## THE PROBLEM
Where the word "deck" shows up in the entries below, please copy the whole line.

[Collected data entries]

BEGIN

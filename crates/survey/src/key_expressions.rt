//! The expressions of a key that must have values.

ghost use Rattle.std.specs.Prelude.{◌≡◌, ◌++◌, ◌∷◌, [], IfOk, OnOk};
ghost use Rattle.std.specs.Option.{option_map};
ghost use Rattle.def_entry.specs.Tables.{entry_at};
ghost use Rattle.def_entry.specs.Views.{entry_definition_view};
ghost use Rattle.deck.specs.Tables as tables;
ghost use Rattle.expr_tree.specs.Trees.{syntax};
ghost use Rattle.reply.specs.Calls.{inquiry_syntaxes};
ghost use Rattle.survey.specs.Checks as spec;

use deck::Deck;
use def_entry::{Key, Kind, What};
use expr_tree::Tree;
use std::alloc::{AllocError, Global};

/// Returns the expressions of a key that must have values: the word of a unit, the body of a prefix, the units of a
/// function, the parts of a list.
pub(crate) fn valued_trees(alloc: Global, deck: &Deck, key: &Key) -> Result<Vec<Tree>, AllocError>
    ensures { IfOk result (λ trees. inquiry_syntaxes trees.items
        ≡ spec.checked_value_expressions key.now key.now.kind (entry_at (tables.table_of_deck deck.now) key.now)) }
{
    let mut trees = Vec::new(alloc);
    match key.kind {
        Kind::Unit => trees.push(Tree::Word(key.name.copy(alloc)?))?,
        _ => put_entry_trees(alloc, &mut trees, deck, key)?,
    }
    Ok(trees)
}

// Appends the expressions of the entry of a key.
fn put_entry_trees(
    alloc: Global,
    trees: &mut Vec<Tree>,
    deck: &Deck,
    key: &Key,
) -> Result<(), AllocError>
    ensures { OnOk result (inquiry_syntaxes trees.new.items
        ≡ inquiry_syntaxes trees.old.items
        ++ spec.checked_entry_trees (entry_at (tables.table_of_deck deck.now) key.now)) }
{
    match deck.entry(key.kind, key.name.as_bytes()) {
        Some(entry) => put_trees_of(alloc, trees, entry.what),
        None => Ok(()),
    }
}

// Appends the expressions in the definition of a key.
fn put_trees_of(alloc: Global, trees: &mut Vec<Tree>, what: &What) -> Result<(), AllocError>
    ensures { OnOk result (inquiry_syntaxes trees.new.items
        ≡ inquiry_syntaxes trees.old.items ++ spec.checked_key_trees (entry_definition_view what.now)) }
{
    match what {
        What::Body(tree) => put_tree(alloc, trees, tree),
        What::Function(function) => {
            put_if_some(alloc, trees, &function.in_unit)?;
            put_if_some(alloc, trees, &function.out_unit)
        }
        What::Table(table) => put_tree(alloc, trees, &table.unit),
        What::ListOf(parts) => put_trees(alloc, trees, parts.as_slice()),
        What::Primitive | What::Dimensionless | What::Alias(_) => Ok(()),
    }
}

// Appends copies of trees.
fn put_trees(alloc: Global, trees: &mut Vec<Tree>, further: &[Tree]) -> Result<(), AllocError>
    ensures { OnOk result (inquiry_syntaxes trees.new.items ≡ inquiry_syntaxes trees.old.items
        ++ inquiry_syntaxes further.now) }
{
    for tree in further {
        put_tree(alloc, trees, tree)?;
    }
    Ok(())
}

// Appends a copy of a tree, if there is one.
fn put_if_some(alloc: Global, trees: &mut Vec<Tree>, tree: &Option<Tree>) -> Result<(), AllocError>
    ensures { OnOk result (inquiry_syntaxes trees.new.items
        ≡ inquiry_syntaxes trees.old.items ++ spec.checked_tree_if_any (option_map syntax tree.now)) }
{
    match tree {
        Some(tree) => put_tree(alloc, trees, tree),
        None => Ok(()),
    }
}

// Appends a copy of a tree.
fn put_tree(alloc: Global, trees: &mut Vec<Tree>, tree: &Tree) -> Result<(), AllocError>
    ensures { OnOk result (inquiry_syntaxes trees.new.items ≡ inquiry_syntaxes trees.old.items ++ syntax tree.now
        ∷ []) }
{
    trees.push(tree.copy(alloc)?)?;
    Ok(())
}
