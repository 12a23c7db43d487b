//! Reports on all definitions.
#![tactic(auto)]

mod check_blocks;
mod check_result;
mod conformable_units;
mod finding_lines;
mod key_checks;
mod key_expressions;
mod keys;
mod laws;
mod name_search;
mod prefix_faults;
mod rows;
mod table_queries;
mod units_reply;

pub use check_blocks::put_check_block;
pub use conformable_units::conformable_report;
pub use key_checks::{KeyCheck, check_places, check_report};
pub use laws::{examples_law, prefix_law};
pub use name_search::search_report;
pub use units_reply::conformable_reply;
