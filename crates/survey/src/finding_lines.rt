//! The lines of a check report.

ghost use Rattle.std.specs.Prelude.{◌≡◌, ◌++◌, Err, OnOk, true};
ghost use Rattle.live_table.specs.declared.fault.QueryFault.TheVariants.{OutOfMemory};
ghost use Rattle.reply.specs.Faults as faults;
ghost use Rattle.reply.specs.Inquiries.{inquiry_answer};
ghost use Rattle.reply.specs.Options.{AreReplyOptionsPrintable, reply_style};
ghost use Rattle.survey.specs.Checks as spec;

use crate::check_result::Finding;
use crate::keys::put_key;
use def_entry::Key;
use live_table::QueryFault;
use reply::{Options, ReplyFault, fault_text};
use std::alloc::{AllocError, Global};

/// Appends the line of a key for what was found there, unless the key is sound. The only error is running out of
/// memory, here or in `found`.
pub(crate) fn put_finding(
    alloc: Global,
    text: &mut Vec<u8>,
    options: &Options,
    key: &Key,
    found: Result<Finding, QueryFault>,
) -> Result<(), AllocError>
    requires { AreReplyOptionsPrintable options.now }
    ensures line { OnOk result (text.new.items
        ≡ text.old.items ++ spec.finding_line (reply_style options.now) key.now (inquiry_answer found)) }
    ensures memory { OnOk result (found ≡ Err OutOfMemory → ⊥) }
{
    match found {
        Ok(Finding::Sound) => Ok(()),
        Ok(Finding::NonConforming) => put_report(text, key, b"conformability error"),
        Ok(Finding::NotPositive(place)) => {
            put_fault(alloc, text, options, key, &ReplyFault::List(place))
        }
        Err(QueryFault::Name(fault)) => {
            put_fault(alloc, text, options, key, &ReplyFault::Name(fault))
        }
        Err(QueryFault::Value(fault)) => {
            put_fault(alloc, text, options, key, &ReplyFault::Value(fault))
        }
        Err(QueryFault::OutOfMemory) => Err(AllocError),
    }
}

// Appends the line of a key that has a fault.
fn put_fault(
    alloc: Global,
    text: &mut Vec<u8>,
    options: &Options,
    key: &Key,
    fault: &ReplyFault,
) -> Result<(), AllocError>
    requires printable { AreReplyOptionsPrintable options.now }
    requires reportable { faults.is_reply_fault_reportable fault.now ≡ true }
    ensures { OnOk result (text.new.items
        ≡ text.old.items ++ spec.check_report_line key.now (faults.fault_text (reply_style options.now) fault.now)) }
{
    let fault = fault_text(alloc, fault, options)?;
    put_report(text, key, fault.as_bytes())
}

// Appends a line with a report on a key.
fn put_report(text: &mut Vec<u8>, key: &Key, report: &[u8]) -> Result<(), AllocError>
    ensures { OnOk result (text.new.items ≡ text.old.items ++ spec.check_report_line key.now report.now) }
{
    put_key(text, key.kind, key.name.as_bytes())?;
    text.extend_from_slice(b": ".as_slice())?;
    text.extend_from_slice(report)?;
    text.extend_from_slice(b"\n".as_slice())?;
    Ok(())
}
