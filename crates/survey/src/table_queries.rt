//! Queries of a live table.

ghost use Rattle.std.specs.Prelude.{◌≡◌, ◌∷◌, [], IfOk};
ghost use Rattle.deck.specs.Tables as tables;
ghost use Rattle.expr_tree.specs.Trees.{syntax};
ghost use Rattle.expr_tree.specs.Words.{words_in};
ghost use Rattle.tree_eval.specs.Expansion.{called_eval_word};
ghost use Rattle.live_table.specs.TableView.{IsRightLiveView};
ghost use Rattle.reply.specs.Calls as call;
ghost use Rattle.survey.specs.Calls as calls;
ghost use Rattle.survey.specs.Checks as spec;

use def_entry::Key;
use expr_tree::{Quotient, Tree};
use frac128::read_numeral;
use live_table::{LiveTable, QueryFault};
use quantity::Quantity;
use std::alloc::{AllocError, Global};
use std::sync::ledger::Ledger;
use units_io::{Steps, Text};

/// Queries the names of a function. Returns their fault, if they have one.
pub(crate) fn ask_function<L: Ledger>(
    alloc: Global,
    table: &mut LiveTable,
    key: &Key,
    steps: &mut Steps<L>,
) -> Result<(), QueryFault>
    requires { IsRightLiveView table.old }
    ensures inquired { call.IsInquiryAnswered call.inquiry_identity
        (spec.names_finding (tables.table_of_deck table.old.deck) key.now)
        (call.inquiry_result result) table.old table.new steps.old steps.new }
    ensures deck { table.new.deck ≡ table.old.deck }
{
    let call = faulty_call(alloc, key.name.as_bytes())?;
    names_alone(table.value(alloc, &call, steps))
}

// Drops the value, or the fault of the value, from an answer. A fault of the names and running out of memory remain.
fn names_alone(answer: Result<Quantity, QueryFault>) -> Result<(), QueryFault>
    ensures { result ≡ calls.check_of_names_alone answer }
{
    match answer {
        Ok(_) | Err(QueryFault::Value(_)) => Ok(()),
        Err(fault) => Err(fault),
    }
}

// Builds a call whose operand has no value, so that the function is never applied.
fn faulty_call(alloc: Global, name: &[u8]) -> Result<Tree, AllocError>
    ensures { IfOk result (λ tree. words_in (syntax tree) ≡ called_eval_word name.now ∷ []) }
{
    let zero = read_numeral(b"0").unwrap();
    let quotient = Box::new(
        alloc,
        Quotient {
            top: zero,
            bottom: zero,
        },
    )?;
    let operand = Box::new(alloc, Tree::Bar(quotient))?;
    let name = Box::new(alloc, Text::from_bytes(alloc, name)?)?;
    Ok(Tree::Call(name, operand))
}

END

## ANSWER AREA
ghost use Rattle.deck.specs.Tables as tables;
use deck::Deck;
pub(crate) fn valued_trees(alloc: Global, deck: &Deck, key: &Key) -> Result<Vec<Tree>, AllocError>
        ≡ spec.checked_value_expressions key.now key.now.kind (entry_at (tables.table_of_deck deck.now) key.now)) }
        _ => put_entry_trees(alloc, &mut trees, deck, key)?,
    deck: &Deck,
        ++ spec.checked_entry_trees (entry_at (tables.table_of_deck deck.now) key.now)) }
    match deck.entry(key.kind, key.name.as_bytes()) {
ghost use Rattle.deck.specs.Tables as tables;
        (spec.names_finding (tables.table_of_deck table.old.deck) key.now)
    ensures deck { table.new.deck ≡ table.old.deck }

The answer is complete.